##### Data for processing #####
/// Their replies, as DDS's scores give them.
const REPLIES: &[u8] = br#"{"cards":[{"equals":0,"rank":13,"score":0,"suit":3}]}
{"cards":[{"equals":0,"rank":3,"score":0,"suit":0},{"equals":0,"rank":12,"score":0,"suit":2}]}
{"cards":[{"equals":0,"rank":8,"score":2,"suit":1},{"equals":0,"rank":3,"score":2,"suit":1},{"equals":0,"rank":2,"score":2,"suit":2}]}
{"cards":[{"equals":0,"rank":5,"score":1,"suit":0},{"equals":0,"rank":11,"score":0,"suit":2},{"equals":4,"rank":7,"score":0,"suit":2}]}
{"cards":[{"equals":4096,"rank":13,"score":4,"suit":0}]}
{"cards":[{"equals":0,"rank":14,"score":1,"suit":0}]}
{"cards":[{"equals":0,"rank":14,"score":1,"suit":1},{"equals":0,"rank":7,"score":1,"suit":3}]}
{"cards":[{"equals":0,"rank":8,"score":1,"suit":2},{"equals":0,"rank":4,"score":1,"suit":2}]}
{"cards":[{"equals":8,"rank":5,"score":1,"suit":2}]}
{"cards":[{"equals":0,"rank":7,"score":4,"suit":1}]}
{"cards":[{"equals":0,"rank":6,"score":0,"suit":1}]}
{"cards":[{"equals":8,"rank":4,"score":2,"suit":2}]}
{"cards":[{"equals":0,"rank":3,"score":3,"suit":2}]}
{"cards":[{"equals":1024,"rank":14,"score":0,"suit":0}]}
{"cards":[{"equals":0,"rank":13,"score":1,"suit":2}]}
{"cards":[{"equals":0,"rank":7,"score":0,"suit":3}]}
{"cards":[{"equals":0,"rank":14,"score":2,"suit":2}]}
{"cards":[{"equals":0,"rank":13,"score":1,"suit":0},{"equals":0,"rank":5,"score":1,"suit":0},{"equals":0,"rank":14,"score":0,"suit":2}]}
{"cards":[{"equals":0,"rank":7,"score":2,"suit":2}]}
{"cards":[{"equals":2048,"rank":14,"score":2,"suit":0},{"equals":48,"rank":6,"score":2,"suit":0}]}
{"cards":[{"equals":0,"rank":9,"score":1,"suit":0}]}
{"cards":[{"equals":4,"rank":14,"score":0,"suit":0}]}
{"cards":[{"equals":0,"rank":5,"score":2,"suit":1}]}
{"cards":[{"equals":0,"rank":11,"score":1,"suit":0},{"equals":0,"rank":2,"score":1,"suit":1},{"equals":0,"rank":11,"score":1,"suit":2},{"equals":0,"rank":6,"score":1,"suit":3}]}
{"cards":[{"equals":0,"rank":10,"score":3,"suit":0}]}
{"cards":[{"equals":0,"rank":12,"score":1,"suit":2}]}
{"cards":[{"equals":16,"rank":7,"score":1,"suit":3}]}
{"cards":[{"equals":0,"rank":5,"score":0,"suit":1}]}
{"cards":[{"equals":1024,"rank":11,"score":2,"suit":0}]}
{"cards":[{"equals":0,"rank":2,"score":0,"suit":0},{"equals":0,"rank":9,"score":0,"suit":1},{"equals":0,"rank":5,"score":0,"suit":1},{"equals":0,"rank":13,"score":0,"suit":2},{"equals":0,"rank":5,"score":0,"suit":2}]}
{"cards":[{"equals":0,"rank":2,"score":1,"suit":2}]}
{"cards":[{"equals":0,"rank":11,"score":2,"suit":1},{"equals":0,"rank":12,"score":2,"suit":3}]}
{"cards":[{"equals":0,"rank":7,"score":0,"suit":1},{"equals":0,"rank":10,"score":0,"suit":2},{"equals":0,"rank":5,"score":0,"suit":2}]}
{"cards":[{"equals":0,"rank":13,"score":2,"suit":3}]}
{"cards":[{"equals":0,"rank":11,"score":2,"suit":0}]}
{"cards":[{"equals":0,"rank":8,"score":1,"suit":2}]}
{"cards":[{"equals":0,"rank":10,"score":2,"suit":3},{"equals":0,"rank":4,"score":1,"suit":3}]}
{"cards":[{"equals":0,"rank":10,"score":2,"suit":2}]}
{"cards":[{"equals":0,"rank":14,"score":4,"suit":1}]}
{"cards":[{"equals":0,"rank":12,"score":2,"suit":1},{"equals":0,"rank":9,"score":2,"suit":1},{"equals":0,"rank":3,"score":2,"suit":1},{"equals":256,"rank":9,"score":2,"suit":2}]}
{"cards":[{"equals":0,"rank":11,"score":0,"suit":3}]}
{"cards":[{"equals":0,"rank":11,"score":1,"suit":0},{"equals":0,"rank":12,"score":1,"suit":1}]}
{"cards":[{"equals":0,"rank":9,"score":2,"suit":0},{"equals":0,"rank":9,"score":2,"suit":3},{"equals":0,"rank":10,"score":0,"suit":1}]}
{"cards":[{"equals":0,"rank":8,"score":0,"suit":0},{"equals":32,"rank":6,"score":0,"suit":0},{"equals":0,"rank":5,"score":0,"suit":2}]}
{"cards":[{"equals":256,"rank":14,"score":3,"suit":1},{"equals":0,"rank":5,"score":3,"suit":1},{"equals":0,"rank":2,"score":3,"suit":1},{"equals":0,"rank":11,"score":3,"suit":2}]}
{"cards":[{"equals":0,"rank":14,"score":1,"suit":0}]}
{"cards":[{"equals":0,"rank":5,"score":0,"suit":1}]}
{"cards":[{"equals":4,"rank":5,"score":2,"suit":2}]}
{"cards":[{"equals":0,"rank":10,"score":3,"suit":0},{"equals":0,"rank":3,"score":3,"suit":0},{"equals":0,"rank":7,"score":3,"suit":1},{"equals":0,"rank":13,"score":3,"suit":2}]}
{"cards":[{"equals":0,"rank":7,"score":5,"suit":2}]}
{"cards":[{"equals":0,"rank":12,"score":1,"suit":0}]}
{"cards":[{"equals":0,"rank":6,"score":0,"suit":1}]}
{"cards":[{"equals":4,"rank":9,"score":2,"suit":1},{"equals":0,"rank":3,"score":2,"suit":2}]}
{"cards":[{"equals":0,"rank":7,"score":2,"suit":0}]}
{"cards":[{"equals":0,"rank":9,"score":4,"suit":0},{"equals":8,"rank":4,"score":4,"suit":1},{"equals":0,"rank":8,"score":4,"suit":3}]}
{"cards":[{"equals":0,"rank":13,"score":0,"suit":3}]}
{"cards":[{"equals":0,"rank":6,"score":0,"suit":0}]}
{"cards":[{"equals":0,"rank":12,"score":0,"suit":2},{"equals":32,"rank":8,"score":0,"suit":3}]}
{"cards":[{"equals":0,"rank":3,"score":0,"suit":3}]}
{"cards":[{"equals":0,"rank":11,"score":3,"suit":1},{"equals":44,"rank":7,"score":3,"suit":3}]}
{"cards":[{"equals":0,"rank":12,"score":0,"suit":1}]}
{"cards":[{"equals":8192,"rank":14,"score":2,"suit":0}]}
{"cards":[{"equals":0,"rank":3,"score":3,"suit":0},{"equals":0,"rank":5,"score":3,"suit":2},{"equals":0,"rank":5,"score":3,"suit":3}]}
{"cards":[{"equals":4096,"rank":14,"score":2,"suit":1},{"equals":0,"rank":8,"score":2,"suit":1},{"equals":0,"rank":8,"score":1,"suit":0}]}
{"cards":[{"equals":0,"rank":5,"score":4,"suit":1},{"equals":0,"rank":13,"score":4,"suit":3},{"equals":0,"rank":6,"score":4,"suit":3},{"equals":64,"rank":9,"score":3,"suit":2}]}
{"cards":[{"equals":0,"rank":9,"score":0,"suit":1}]}
{"cards":[{"equals":0,"rank":3,"score":2,"suit":3}]}
{"cards":[{"equals":0,"rank":2,"score":3,"suit":3}]}
{"cards":[{"equals":512,"rank":10,"score":1,"suit":3}]}
{"cards":[{"equals":0,"rank":12,"score":1,"suit":3}]}
{"cards":[{"equals":0,"rank":7,"score":1,"suit":0}]}
{"cards":[{"equals":0,"rank":4,"score":1,"suit":1}]}
{"cards":[{"equals":512,"rank":12,"score":3,"suit":1}]}
{"cards":[{"equals":4096,"rank":13,"score":2,"suit":1},{"equals":0,"rank":10,"score":2,"suit":1}]}
{"cards":[{"equals":0,"rank":9,"score":3,"suit":0},{"equals":0,"rank":6,"score":3,"suit":0}]}
{"cards":[{"equals":0,"rank":14,"score":1,"suit":2}]}
{"cards":[{"equals":0,"rank":12,"score":1,"suit":0}]}
{"cards":[{"equals":0,"rank":3,"score":0,"suit":1}]}
{"cards":[{"equals":0,"rank":12,"score":4,"suit":3}]}
{"cards":[{"equals":0,"rank":13,"score":2,"suit":2}]}
{"cards":[{"equals":0,"rank":4,"score":0,"suit":2}]}
{"cards":[{"equals":0,"rank":5,"score":2,"suit":0},{"equals":0,"rank":8,"score":2,"suit":1}]}
{"cards":[{"equals":0,"rank":13,"score":3,"suit":0},{"equals":256,"rank":11,"score":3,"suit":2}]}
{"cards":[{"equals":0,"rank":10,"score":2,"suit":1},{"equals":0,"rank":12,"score":2,"suit":2}]}
{"cards":[{"equals":512,"rank":10,"score":1,"suit":3},{"equals":0,"rank":7,"score":1,"suit":3},{"equals":0,"rank":12,"score":0,"suit":0},{"equals":0,"rank":7,"score":0,"suit":0}]}
{"cards":[{"equals":0,"rank":9,"score":0,"suit":3}]}
{"cards":[{"equals":0,"rank":13,"score":2,"suit":2}]}
{"cards":[{"equals":128,"rank":10,"score":3,"suit":1},{"equals":0,"rank":3,"score":3,"suit":2}]}
{"cards":[{"equals":0,"rank":10,"score":0,"suit":1},{"equals":64,"rank":7,"score":0,"suit":1},{"equals":0,"rank":2,"score":0,"suit":2}]}
{"cards":[{"equals":0,"rank":7,"score":1,"suit":1}]}
{"cards":[{"equals":0,"rank":9,"score":1,"suit":1}]}
{"cards":[{"equals":8192,"rank":14,"score":2,"suit":1}]}
{"cards":[{"equals":0,"rank":11,"score":1,"suit":0}]}
{"cards":[{"equals":0,"rank":14,"score":4,"suit":2},{"equals":0,"rank":3,"score":4,"suit":2}]}
{"cards":[{"equals":0,"rank":11,"score":2,"suit":1},{"equals":0,"rank":7,"score":2,"suit":1}]}
{"cards":[{"equals":0,"rank":7,"score":0,"suit":0}]}
{"cards":[{"equals":1024,"rank":11,"score":2,"suit":3}]}
{"cards":[{"equals":0,"rank":13,"score":1,"suit":3},{"equals":0,"rank":3,"score":0,"suit":3}]}
{"cards":[{"equals":2048,"rank":14,"score":3,"suit":1}]}
{"cards":[{"equals":0,"rank":7,"score":3,"suit":1},{"equals":0,"rank":4,"score":3,"suit":1},{"equals":144,"rank":11,"score":3,"suit":3}]}
{"cards":[{"equals":0,"rank":3,"score":0,"suit":2}]}
{"cards":[{"equals":0,"rank":2,"score":0,"suit":2},{"equals":0,"rank":3,"score":0,"suit":3}]}
{"cards":[{"equals":768,"rank":10,"score":2,"suit":1}]}
{"cards":[{"equals":512,"rank":10,"score":4,"suit":2}]}
{"cards":[{"equals":0,"rank":12,"score":0,"suit":0}]}
{"cards":[{"equals":0,"rank":6,"score":1,"suit":3}]}
{"cards":[{"equals":0,"rank":11,"score":2,"suit":0}]}
{"cards":[{"equals":0,"rank":14,"score":2,"suit":2}]}
{"cards":[{"equals":32,"rank":6,"score":4,"suit":2}]}
{"cards":[{"equals":0,"rank":9,"score":1,"suit":3}]}
{"cards":[{"equals":0,"rank":12,"score":1,"suit":1}]}
{"cards":[{"equals":0,"rank":9,"score":2,"suit":0},{"equals":0,"rank":6,"score":1,"suit":0}]}
{"cards":[{"equals":0,"rank":8,"score":0,"suit":2},{"equals":0,"rank":6,"score":0,"suit":2}]}
{"cards":[{"equals":2048,"rank":12,"score":3,"suit":2}]}
{"cards":[{"equals":0,"rank":14,"score":4,"suit":1},{"equals":0,"rank":5,"score":3,"suit":1}]}
{"cards":[{"equals":0,"rank":13,"score":0,"suit":3}]}
{"cards":[{"equals":0,"rank":7,"score":2,"suit":3}]}
{"cards":[{"equals":1024,"rank":11,"score":2,"suit":0},{"equals":0,"rank":12,"score":2,"suit":2}]}
{"cards":[{"equals":0,"rank":12,"score":4,"suit":1},{"equals":8192,"rank":14,"score":4,"suit":2},{"equals":0,"rank":8,"score":4,"suit":2}]}
{"cards":[{"equals":0,"rank":10,"score":5,"suit":1}]}
{"cards":[{"equals":0,"rank":6,"score":0,"suit":0}]}
{"cards":[{"equals":0,"rank":14,"score":2,"suit":3},{"equals":0,"rank":2,"score":1,"suit":1}]}
{"cards":[{"equals":0,"rank":10,"score":2,"suit":0},{"equals":256,"rank":11,"score":2,"suit":1}]}
{"cards":[{"equals":0,"rank":3,"score":2,"suit":0},{"equals":0,"rank":9,"score":2,"suit":2},{"equals":0,"rank":5,"score":2,"suit":2},{"equals":0,"rank":11,"score":1,"suit":2}]}
{"cards":[{"equals":0,"rank":6,"score":2,"suit":0}]}
{"cards":[{"equals":0,"rank":8,"score":1,"suit":3}]}
{"cards":[{"equals":0,"rank":8,"score":2,"suit":3},{"equals":0,"rank":2,"score":2,"suit":3}]}
{"cards":[{"equals":0,"rank":9,"score":3,"suit":0}]}
{"cards":[{"equals":0,"rank":7,"score":4,"suit":2},{"equals":1536,"rank":11,"score":4,"suit":3}]}
{"cards":[{"equals":0,"rank":10,"score":0,"suit":0}]}
{"cards":[{"equals":0,"rank":10,"score":0,"suit":2}]}
{"cards":[{"equals":0,"rank":11,"score":1,"suit":0},{"equals":0,"rank":11,"score":1,"suit":1}]}
{"cards":[{"equals":0,"rank":14,"score":2,"suit":1},{"equals":0,"rank":8,"score":2,"suit":1},{"equals":0,"rank":13,"score":1,"suit":3}]}
{"cards":[{"equals":0,"rank":9,"score":1,"suit":3},{"equals":0,"rank":6,"score":1,"suit":3},{"equals":0,"rank":2,"score":1,"suit":3}]}
{"cards":[{"equals":0,"rank":12,"score":4,"suit":2},{"equals":0,"rank":3,"score":4,"suit":2}]}
{"cards":[{"equals":0,"rank":8,"score":0,"suit":2}]}
{"cards":[{"equals":1024,"rank":11,"score":1,"suit":3}]}
{"cards":[{"equals":0,"rank":7,"score":2,"suit":0}]}
{"cards":[{"equals":0,"rank":2,"score":1,"suit":0}]}
{"cards":[{"equals":0,"rank":3,"score":3,"suit":1}]}
{"cards":[{"equals":0,"rank":3,"score":0,"suit":2}]}
{"cards":[{"equals":256,"rank":9,"score":1,"suit":1}]}
{"cards":[{"equals":0,"rank":8,"score":3,"suit":1}]}
{"cards":[{"equals":2048,"rank":14,"score":3,"suit":0},{"equals":0,"rank":6,"score":1,"suit":1},{"equals":0,"rank":9,"score":0,"suit":1}]}
{"cards":[{"equals":0,"rank":12,"score":4,"suit":0}]}
{"cards":[{"equals":0,"rank":9,"score":1,"suit":0}]}
{"cards":[{"equals":0,"rank":7,"score":2,"suit":3},{"equals":0,"rank":3,"score":2,"suit":3}]}
{"cards":[{"equals":0,"rank":6,"score":3,"suit":0}]}
{"cards":[{"equals":0,"rank":7,"score":1,"suit":1}]}
{"cards":[{"equals":64,"rank":7,"score":1,"suit":0}]}
{"cards":[{"equals":0,"rank":12,"score":1,"suit":2}]}
{"cards":[{"equals":0,"rank":14,"score":0,"suit":2}]}
{"cards":[{"equals":0,"rank":12,"score":1,"suit":2}]}
{"cards":[{"equals":0,"rank":11,"score":2,"suit":3}]}
{"cards":[{"equals":0,"rank":13,"score":5,"suit":1},{"equals":0,"rank":4,"score":5,"suit":1}]}
{"cards":[{"equals":0,"rank":10,"score":0,"suit":1}]}
{"cards":[{"equals":128,"rank":9,"score":2,"suit":1}]}
{"cards":[{"equals":256,"rank":10,"score":0,"suit":0},{"equals":0,"rank":5,"score":0,"suit":1}]}
{"cards":[{"equals":0,"rank":11,"score":1,"suit":3},{"equals":0,"rank":9,"score":1,"suit":3},{"equals":16,"rank":5,"score":1,"suit":3}]}
{"cards":[{"equals":0,"rank":5,"score":1,"suit":0},{"equals":8192,"rank":14,"score":1,"suit":2},{"equals":16,"rank":7,"score":1,"suit":2}]}
{"cards":[{"equals":0,"rank":14,"score":0,"suit":3}]}
{"cards":[{"equals":0,"rank":13,"score":0,"suit":0},{"equals":0,"rank":8,"score":0,"suit":1}]}
{"cards":[{"equals":0,"rank":5,"score":2,"suit":0},{"equals":32,"rank":7,"score":2,"suit":2}]}
{"cards":[{"equals":0,"rank":3,"score":4,"suit":1},{"equals":0,"rank":4,"score":4,"suit":3},{"equals":0,"rank":11,"score":3,"suit":0},{"equals":0,"rank":12,"score":3,"suit":3}]}
{"cards":[{"equals":160,"rank":9,"score":1,"suit":0},{"equals":0,"rank":14,"score":1,"suit":1}]}
{"cards":[{"equals":0,"rank":14,"score":1,"suit":2}]}
{"cards":[{"equals":0,"rank":4,"score":0,"suit":2},{"equals":0,"rank":8,"score":0,"suit":3}]}
{"cards":[{"equals":0,"rank":8,"score":2,"suit":3}]}
{"cards":[{"equals":0,"rank":11,"score":2,"suit":3}]}
{"cards":[{"equals":0,"rank":13,"score":4,"suit":0}]}
{"cards":[{"equals":0,"rank":2,"score":1,"suit":0}]}
{"cards":[{"equals":0,"rank":12,"score":0,"suit":3}]}
{"cards":[{"equals":0,"rank":13,"score":0,"suit":2},{"equals":64,"rank":8,"score":0,"suit":2}]}
{"cards":[{"equals":0,"rank":14,"score":2,"suit":1},{"equals":0,"rank":10,"score":2,"suit":1}]}
{"cards":[{"equals":0,"rank":12,"score":0,"suit":2}]}
{"cards":[{"equals":0,"rank":2,"score":1,"suit":2}]}
{"cards":[{"equals":0,"rank":7,"score":1,"suit":1},{"equals":0,"rank":2,"score":1,"suit":1}]}
{"cards":[{"equals":0,"rank":10,"score":1,"suit":0},{"equals":0,"rank":2,"score":0,"suit":0}]}
{"cards":[{"equals":0,"rank":7,"score":2,"suit":0}]}
{"cards":[{"equals":0,"rank":13,"score":2,"suit":2}]}
{"cards":[{"equals":0,"rank":8,"score":1,"suit":1}]}
{"cards":[{"equals":0,"rank":2,"score":0,"suit":1},{"equals":0,"rank":10,"score":0,"suit":3}]}
{"cards":[{"equals":0,"rank":14,"score":1,"suit":3}]}
{"cards":[{"equals":0,"rank":11,"score":1,"suit":2}]}
{"cards":[{"equals":0,"rank":5,"score":5,"suit":1},{"equals":4,"rank":3,"score":5,"suit":1},{"equals":0,"rank":5,"score":4,"suit":0},{"equals":0,"rank":4,"score":4,"suit":2}]}
{"cards":[{"equals":0,"rank":7,"score":0,"suit":2}]}
{"cards":[{"equals":8,"rank":7,"score":1,"suit":1}]}
{"cards":[{"equals":40,"rank":6,"score":2,"suit":1}]}
{"cards":[{"equals":0,"rank":6,"score":0,"suit":2}]}
{"cards":[{"equals":0,"rank":11,"score":0,"suit":0},{"equals":0,"rank":3,"score":0,"suit":0}]}
{"cards":[{"equals":0,"rank":11,"score":1,"suit":1}]}
{"cards":[{"equals":16,"rank":12,"score":0,"suit":1}]}
{"cards":[{"equals":0,"rank":7,"score":2,"suit":2}]}
{"cards":[{"equals":0,"rank":14,"score":2,"suit":2},{"equals":0,"rank":11,"score":1,"suit":2}]}
{"cards":[{"equals":4352,"rank":13,"score":2,"suit":1},{"equals":32,"rank":8,"score":2,"suit":2}]}
{"cards":[{"equals":0,"rank":10,"score":0,"suit":3}]}
{"cards":[{"equals":0,"rank":9,"score":0,"suit":0}]}
{"cards":[{"equals":0,"rank":11,"score":3,"suit":3}]}
{"cards":[{"equals":0,"rank":11,"score":1,"suit":0}]}
{"cards":[{"equals":0,"rank":7,"score":3,"suit":2},{"equals":0,"rank":12,"score":1,"suit":0},{"equals":0,"rank":4,"score":1,"suit":0},{"equals":0,"rank":14,"score":1,"suit":3},{"equals":0,"rank":11,"score":1,"suit":3}]}"#;
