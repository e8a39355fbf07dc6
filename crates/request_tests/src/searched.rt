//! Lines whose answers take a search.

/// Eight cards a hand, and nobody has led. Over no table a search for one of them visited 9,544 positions, 4,854, 16,044, 2,404
/// and 35,032: a search that visits a third or three times as many still has some between 1,000 and 20,000.
pub const EIGHT_CARDS: &str =
    r#"{"do":"solve","deal":"N:J.AQT4.Q63. K9..AK.J742 AT.K73.J2.T 8542.2.9.65","trump":3,"first":0,"solutions":3}
{"do":"solve","deal":"N:9.T7.KJ4.Q2 T.6.AQ7.JT7 653.Q3.95.K Q7.92.82.83","trump":0,"first":0,"solutions":3}
{"do":"solve","deal":"N:K83.J5.3.Q7 J92.3.A4.83 Q4.Q.T5.K42 A6.K42.Q.96","trump":0,"first":1,"solutions":3}
{"do":"solve","deal":"N:T65.J.54.T9 Q9.K52.93.6 K.Q76.AJ2.8 A.4.T8.7532","trump":2,"first":2,"solutions":3}
{"do":"solve","deal":"N:KQ.T.94.842 3.AJ754.K5. J64.K62.A6. 85..7.QJT73","trump":1,"first":1,"solutions":3}"#;

/// Nine cards a hand: over no table 39,454 positions were visited.
pub const NINE_CARDS: &str =
    r#"{"do":"solve","deal":"N:T74.JT.8.AKQ AK2.7.T74.T9 QJ63..653.83 98.Q96.AK.J7","trump":0,"first":1,"solutions":3}"#;

/// The table of eight cards a hand.
pub const EIGHT_CARDS_TABLE: &str =
    r#"{"do":"table","deal":"N:8.73.Q.AT97 954.A.974.8 AK.62.3.J32 T7.94.T85.Q"}"#;

/// Eight cards a hand, of which some lead may reach the target.
pub const EIGHT_CARDS_TARGET: &str =
    r#"{"do":"solve","deal":"N:9.T7.KJ4.Q2 T.6.AQ7.JT7 653.Q3.95.K Q7.92.82.83","trump":0,"first":0,"solutions":2,"target":4}"#;

/// A play of one trick, in which nobody had a choice: North's cards are equal, and the others had one heart each. So its last
/// number takes the longest search, for the value of the position that the trick leaves. The number before the lead takes one
/// question, which comes to one of that search's own, and the three numbers between them take none.
pub const EIGHT_CARDS_PLAY: &str =
    r#"{"do":"play","deal":"N:.98765432.. T64.Q.Q4.J6 J7.A.A6.K95 A9.K.J93.74","trump":4,"first":0,"cards":[[1,9],[1,12],[1,14],[1,13]]}"#;
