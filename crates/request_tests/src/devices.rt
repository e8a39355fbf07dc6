//! A reader and a writer of memory, which give and take little and fail in time.
use std::io;
use std::io::{Error, ErrorKind, Read, Write};

/// Gives its bytes in pieces, and fails once it has had its calls.
#[derive(Drop)]
pub struct Pieces<'a> {
    pub bytes: &'a [u8],
    pub most: usize,
    pub calls: usize,
}

impl<'a> Pieces<'a> {
    /// All bytes in one piece, and no failure.
    pub fn of(bytes: &'a [u8]) -> Pieces<'a> {
        Pieces {
            bytes,
            most: usize::MAX,
            calls: usize::MAX,
        }
    }
}

impl Read for Pieces<'_> {
    fn read(&mut self, buf: &mut [u8]) -> io::Result<usize> {
        if self.calls == 0 {
            return Err(Error::from(ErrorKind::Interrupted));
        }
        self.calls -= 1;
        let count = self.most.min(buf.len()).min(self.bytes.len());
        let (piece, rest) = self.bytes.split_at(count);
        buf[..count].copy_from_slice(piece);
        self.bytes = rest;
        Ok(count)
    }
}

/// Takes bytes up to `most` a call, and fails once it has taken `room` of them.
#[derive(Drop)]
pub struct Taker {
    pub taken: Vec<u8>,
    pub most: usize,
    pub room: usize,
}

impl Write for Taker {
    fn write(&mut self, buf: &[u8]) -> io::Result<usize> {
        if self.room == 0 {
            return Err(Error::from(ErrorKind::Interrupted));
        }
        let count = self.most.min(buf.len()).min(self.room);
        self.taken.extend_from_slice(&buf[..count])?;
        self.room -= count;
        Ok(count)
    }

    fn flush(&mut self) -> io::Result<()> {
        Ok(())
    }
}
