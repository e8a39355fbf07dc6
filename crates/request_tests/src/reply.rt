//! Lines and their replies, as tables of bytes: the proof of a test then meets one literal and one loop, and not each
//! row, nor that a text is UTF-8.
mod explained;
mod meanings;
mod par;
mod plays;
mod recorded;
mod solving;
mod spelled;
mod tables;
mod two_forms;
mod worked;
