//! Lines through `solve_lines`, over devices of memory that give and take little and fail in time, and with threads beside it.
mod ahead;
mod budgets;
mod closing;
mod counted_device;
mod cut;
mod faults;
mod held;
mod ids;
mod pools;
mod runs;
mod served;
mod tables;
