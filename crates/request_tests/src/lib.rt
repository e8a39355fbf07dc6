//! Tests of requests, replies, lines and the job book, by their public surfaces, and what the tests of the crates above use
//! of them: devices of memory, rows, lines that take a search, and calls and replies in words and as plain values.
#![tactic(auto)]

pub mod book;
pub mod devices;
#[cfg(test)]
mod lines;
#[cfg(test)]
mod reply;
pub mod rows;
pub mod searched;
#####
● Exercise
Count the lines in the material above where the string "little" appears, then state only that count.

● Written solution
2